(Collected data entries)

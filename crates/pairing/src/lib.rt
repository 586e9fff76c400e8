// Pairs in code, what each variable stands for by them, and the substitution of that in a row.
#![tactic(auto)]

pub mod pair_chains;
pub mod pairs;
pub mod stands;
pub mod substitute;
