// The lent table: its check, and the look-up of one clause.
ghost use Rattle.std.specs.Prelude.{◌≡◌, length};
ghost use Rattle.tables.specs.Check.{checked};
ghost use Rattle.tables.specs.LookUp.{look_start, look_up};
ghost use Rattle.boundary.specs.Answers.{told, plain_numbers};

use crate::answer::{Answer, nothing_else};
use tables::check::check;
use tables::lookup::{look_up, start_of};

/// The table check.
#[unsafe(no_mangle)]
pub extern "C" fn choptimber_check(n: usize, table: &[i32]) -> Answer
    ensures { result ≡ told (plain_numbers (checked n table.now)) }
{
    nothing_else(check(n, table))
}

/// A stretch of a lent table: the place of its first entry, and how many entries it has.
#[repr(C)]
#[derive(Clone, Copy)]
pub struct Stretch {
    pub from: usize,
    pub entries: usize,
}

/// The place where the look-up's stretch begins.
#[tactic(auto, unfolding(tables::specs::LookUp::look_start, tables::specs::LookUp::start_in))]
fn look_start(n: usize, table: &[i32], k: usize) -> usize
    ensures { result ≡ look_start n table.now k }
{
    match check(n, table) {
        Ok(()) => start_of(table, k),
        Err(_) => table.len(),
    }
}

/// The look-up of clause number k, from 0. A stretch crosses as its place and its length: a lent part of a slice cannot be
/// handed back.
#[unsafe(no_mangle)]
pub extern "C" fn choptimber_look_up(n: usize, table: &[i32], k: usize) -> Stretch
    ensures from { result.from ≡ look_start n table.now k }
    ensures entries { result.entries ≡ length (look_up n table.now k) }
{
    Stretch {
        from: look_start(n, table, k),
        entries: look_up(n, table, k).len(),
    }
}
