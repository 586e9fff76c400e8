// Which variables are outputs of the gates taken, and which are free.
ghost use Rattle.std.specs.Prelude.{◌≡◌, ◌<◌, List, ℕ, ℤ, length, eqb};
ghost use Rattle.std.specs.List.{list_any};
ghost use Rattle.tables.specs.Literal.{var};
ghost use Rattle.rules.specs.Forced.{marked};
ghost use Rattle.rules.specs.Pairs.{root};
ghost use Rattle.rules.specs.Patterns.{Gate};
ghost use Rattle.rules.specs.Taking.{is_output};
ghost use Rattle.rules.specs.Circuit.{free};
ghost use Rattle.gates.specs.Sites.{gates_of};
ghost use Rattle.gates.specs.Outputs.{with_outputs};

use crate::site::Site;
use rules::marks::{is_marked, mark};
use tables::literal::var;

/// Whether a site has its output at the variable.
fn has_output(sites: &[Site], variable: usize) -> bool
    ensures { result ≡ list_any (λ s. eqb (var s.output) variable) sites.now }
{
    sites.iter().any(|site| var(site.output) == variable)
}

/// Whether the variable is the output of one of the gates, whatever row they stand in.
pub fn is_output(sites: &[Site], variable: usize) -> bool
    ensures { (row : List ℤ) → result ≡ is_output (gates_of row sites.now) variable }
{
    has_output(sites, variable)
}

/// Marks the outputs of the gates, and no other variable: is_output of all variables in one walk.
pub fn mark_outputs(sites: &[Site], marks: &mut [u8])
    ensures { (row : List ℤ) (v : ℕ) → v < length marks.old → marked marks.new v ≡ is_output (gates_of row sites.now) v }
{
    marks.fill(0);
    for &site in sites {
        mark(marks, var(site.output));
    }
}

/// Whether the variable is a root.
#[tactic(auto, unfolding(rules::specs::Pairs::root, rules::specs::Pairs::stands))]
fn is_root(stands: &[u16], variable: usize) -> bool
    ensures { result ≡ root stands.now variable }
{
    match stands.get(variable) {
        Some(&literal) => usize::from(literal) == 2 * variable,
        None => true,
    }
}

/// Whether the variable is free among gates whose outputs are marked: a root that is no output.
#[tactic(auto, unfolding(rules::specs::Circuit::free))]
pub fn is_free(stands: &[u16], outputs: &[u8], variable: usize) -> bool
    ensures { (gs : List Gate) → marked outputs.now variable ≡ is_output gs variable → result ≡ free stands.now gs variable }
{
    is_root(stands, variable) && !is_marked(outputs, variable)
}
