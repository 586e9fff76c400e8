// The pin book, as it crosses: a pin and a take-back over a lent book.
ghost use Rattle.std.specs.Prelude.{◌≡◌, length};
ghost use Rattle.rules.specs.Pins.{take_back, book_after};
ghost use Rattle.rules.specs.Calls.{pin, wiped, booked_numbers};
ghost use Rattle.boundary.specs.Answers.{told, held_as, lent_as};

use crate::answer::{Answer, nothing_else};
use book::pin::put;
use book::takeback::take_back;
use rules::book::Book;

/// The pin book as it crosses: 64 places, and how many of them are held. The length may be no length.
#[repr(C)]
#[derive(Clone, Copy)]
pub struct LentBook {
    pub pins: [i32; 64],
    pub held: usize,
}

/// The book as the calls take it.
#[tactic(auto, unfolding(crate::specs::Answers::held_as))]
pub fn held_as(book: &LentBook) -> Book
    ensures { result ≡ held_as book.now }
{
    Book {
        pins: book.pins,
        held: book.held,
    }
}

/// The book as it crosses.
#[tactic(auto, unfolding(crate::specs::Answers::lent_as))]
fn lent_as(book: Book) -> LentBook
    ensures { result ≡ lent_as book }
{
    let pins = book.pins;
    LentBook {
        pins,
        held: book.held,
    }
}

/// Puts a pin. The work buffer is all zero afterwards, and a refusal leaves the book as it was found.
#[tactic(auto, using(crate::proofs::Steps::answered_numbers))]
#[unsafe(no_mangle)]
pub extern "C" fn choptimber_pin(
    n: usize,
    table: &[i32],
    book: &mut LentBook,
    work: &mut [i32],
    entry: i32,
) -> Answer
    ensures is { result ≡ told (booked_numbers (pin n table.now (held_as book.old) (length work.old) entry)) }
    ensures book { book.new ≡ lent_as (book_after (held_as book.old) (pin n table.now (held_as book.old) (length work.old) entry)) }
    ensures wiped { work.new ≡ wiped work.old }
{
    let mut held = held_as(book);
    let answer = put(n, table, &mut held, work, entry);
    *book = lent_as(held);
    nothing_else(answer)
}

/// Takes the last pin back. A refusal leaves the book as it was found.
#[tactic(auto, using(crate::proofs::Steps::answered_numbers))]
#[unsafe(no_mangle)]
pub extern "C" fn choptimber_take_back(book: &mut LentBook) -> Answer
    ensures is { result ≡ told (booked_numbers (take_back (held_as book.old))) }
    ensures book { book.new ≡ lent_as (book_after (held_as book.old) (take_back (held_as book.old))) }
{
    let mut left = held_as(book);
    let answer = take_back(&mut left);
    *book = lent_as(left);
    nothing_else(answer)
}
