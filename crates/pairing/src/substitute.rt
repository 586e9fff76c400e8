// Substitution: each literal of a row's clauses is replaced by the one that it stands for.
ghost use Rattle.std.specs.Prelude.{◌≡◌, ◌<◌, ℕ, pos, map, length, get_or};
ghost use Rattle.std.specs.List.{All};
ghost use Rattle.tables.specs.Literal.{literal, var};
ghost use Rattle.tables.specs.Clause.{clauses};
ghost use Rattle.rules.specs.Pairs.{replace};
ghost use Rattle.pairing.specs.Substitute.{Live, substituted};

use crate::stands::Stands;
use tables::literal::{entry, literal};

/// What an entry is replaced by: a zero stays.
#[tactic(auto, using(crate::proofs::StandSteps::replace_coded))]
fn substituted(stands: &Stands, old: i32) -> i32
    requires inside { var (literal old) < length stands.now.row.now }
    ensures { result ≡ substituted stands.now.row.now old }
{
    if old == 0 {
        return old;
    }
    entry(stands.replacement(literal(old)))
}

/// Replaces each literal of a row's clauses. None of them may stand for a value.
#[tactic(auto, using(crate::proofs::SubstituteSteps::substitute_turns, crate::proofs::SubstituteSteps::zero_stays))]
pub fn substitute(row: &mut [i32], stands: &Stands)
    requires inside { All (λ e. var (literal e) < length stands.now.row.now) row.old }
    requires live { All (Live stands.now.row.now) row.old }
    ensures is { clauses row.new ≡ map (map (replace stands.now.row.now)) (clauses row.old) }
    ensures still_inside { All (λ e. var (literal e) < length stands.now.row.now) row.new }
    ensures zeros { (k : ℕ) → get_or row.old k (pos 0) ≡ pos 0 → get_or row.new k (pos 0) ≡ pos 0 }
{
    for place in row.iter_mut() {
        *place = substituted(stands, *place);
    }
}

* [Problem requirements]:
Please copy the lines in the records above between the one holding "told (booked_numbers (take_back" and the one holding "#[tactic(auto, using(crate::proofs::StandSteps::replace_coded))]", inclusive, exactly and with no other line.

* [Task answer]:
    ensures is { result ≡ told (booked_numbers (take_back (held_as book.old))) }
    ensures book { book.new ≡ lent_as (book_after (held_as book.old) (take_back (held_as book.old))) }
{
    let mut left = held_as(book);
    let answer = take_back(&mut left);
    *book = lent_as(left);
    nothing_else(answer)
}
filename crates/pairing/src/substitute.rt
repository 586e9fff76c400e8
// Substitution: each literal of a row's clauses is replaced by the one that it stands for.
ghost use Rattle.std.specs.Prelude.{◌≡◌, ◌<◌, ℕ, pos, map, length, get_or};
ghost use Rattle.std.specs.List.{All};
ghost use Rattle.tables.specs.Literal.{literal, var};
ghost use Rattle.tables.specs.Clause.{clauses};
ghost use Rattle.rules.specs.Pairs.{replace};
ghost use Rattle.pairing.specs.Substitute.{Live, substituted};

use crate::stands::Stands;
use tables::literal::{entry, literal};

/// What an entry is replaced by: a zero stays.
#[tactic(auto, using(crate::proofs::StandSteps::replace_coded))]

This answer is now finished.